Study Design/Methods

• The study aims to collect historical data from medical records of pregnant patients at risk for FNAIT and of neonates born from such at-risk pregnancies (N~300).
• The study identification period for pregnancies at risk for FNAIT was from January 1, 2018, to December 31, 2023 (in all selected countries except Norway).
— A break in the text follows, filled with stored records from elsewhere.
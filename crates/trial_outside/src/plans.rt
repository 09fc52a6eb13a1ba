//! What is planned of a trial's begins.
ghost use Rattle.std.specs.Prelude.{◌≡◌, ◌+◌, IfOk};
ghost use Rattle.trial_outside.specs.Taken.{IsWork, coming, plan_of};

use site_traits::{Arrival, JobEnd, JobPlan};
use std::alloc::{AllocError, Global};

/// How many begins a trial's site answers, and how many jobs it has room for.
pub const BEGINS: u64 = 65_536;

/// Bytes that its file has room for: 4 MiB more than a journal may have, so that a trial never meets its end.
pub const FILE_BYTES: usize = 71_303_168;

/// Of so many begins one is refused.
const EACH: u64 = 16;

/// The code with which it is.
const CODE: u32 = 9;

/// What comes of the begin at this place, from 1.
fn coming(place: u64) -> Arrival
    ensures { result ≡ coming place }
{
    if place % EACH == 0 {
        return Arrival::Refused(CODE);
    }
    Arrival::Taken
}

/// The plan of the begin at this place, from 1.
fn plan_of(place: u64) -> JobPlan
    ensures { result ≡ plan_of place }
{
    JobPlan {
        arrival: coming(place),
        looks: 0,
        end: JobEnd::Done,
        abortable: true,
    }
}

/// The plans of all begins that are answered, in turn.
pub fn all_plans(alloc: Global) -> Result<Vec<JobPlan>, AllocError>
    ensures { IfOk result (λ plans. IsWork plans.items) }
{
    let mut plans = Vec::with_capacity(alloc, BEGINS as usize)?;
    for before in 0..BEGINS {
        plans.push(plan_of(before + 1))?;
    }
    Ok(plans)
}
In Norway, the identification period began from January 1, 1997.
• Key inclusion criteria:
  • Patients aged ≥18 years at the time of their first recorded pregnancy
  • History of ≥1 prior FNAIT-affected pregnancy
• Selected data analyses and outcomes:
  • Demographic data of pregnant patients
  • Adverse outcome of fetal or neonatal death or severe bleeding (ICH or non-ICH) or a neonatal platelet count at birth <30×10⁹/L
  • Proportion of neonates with a neonatal platelet count at birth <10×10⁹/L, <30×10⁹/L, <50×10⁹/L, <100×10⁹/L, or <150×10⁹/L
  • Neonatal platelet count nadir from birth to 1 week after delivery
  • Platelet count at birth
  • Proportion of neonates requiring platelet transfusion(s)
  • Number of neonatal platelet transfusions required
  • Proportion of neonates with minor bleeds (eg, petechiae, hematoma, and hematuria)
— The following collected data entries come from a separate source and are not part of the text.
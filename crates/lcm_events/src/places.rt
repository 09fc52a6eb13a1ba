//! Where a resource stands.

use vnfm_base::Name;

/// A place that a grant gives: a connection to an infrastructure manager and a zone, each maybe empty.
///
/// Source: SOL 003 9.5.2.3 (Grant).
#[derive(Clone, Copy, PartialEq, Eq)]
pub struct Place {
    /// The `vimConnectionId`.
    pub vim: Name,
    /// The `zoneId`.
    pub zone: Name,
}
  • Proportion of neonates requiring IVIG
  • Number of neonatal IVIG infusions required
  • Proportion of preterm births (defined as GA <32 weeks)
  • Proportion of neonates with a birth weight below the 10th percentile of GA
  • Proportion of neonates affected by fetal growth restriction, as defined by fetal growth charts
  • Titers of anti-HPA antibodies in maternal blood over time during pregnancy and postpartum period
  • Serious adverse events, including hospitalizations, death, congenital abnormalities, and maternal outcomes (eg, preeclampsia)
• Statistical analyses:
  • Mean, median, standard deviation, and interquartile range for continuous endpoints
  • Proportion and 95% confidence interval for binary and categorical endpoints.
  • Analyses will be grouped by standard-risk vs high-risk pregnancies, pregnancies treated vs not treated with IVIG, and combinations of these subgroups and categorizations.
    • Endpoint analyses will also be presented by various subgroups, including (but not limited to) age of the pregnant patient, calendar years of the pregnancies, and geographic regions.

Literature Search

A literature search of MEDLINE^®, EMBASE^®, BIOSIS Previews^®, and DERWENT^® (and/or other resources, including internal/external databases) was conducted on 20 January 2025.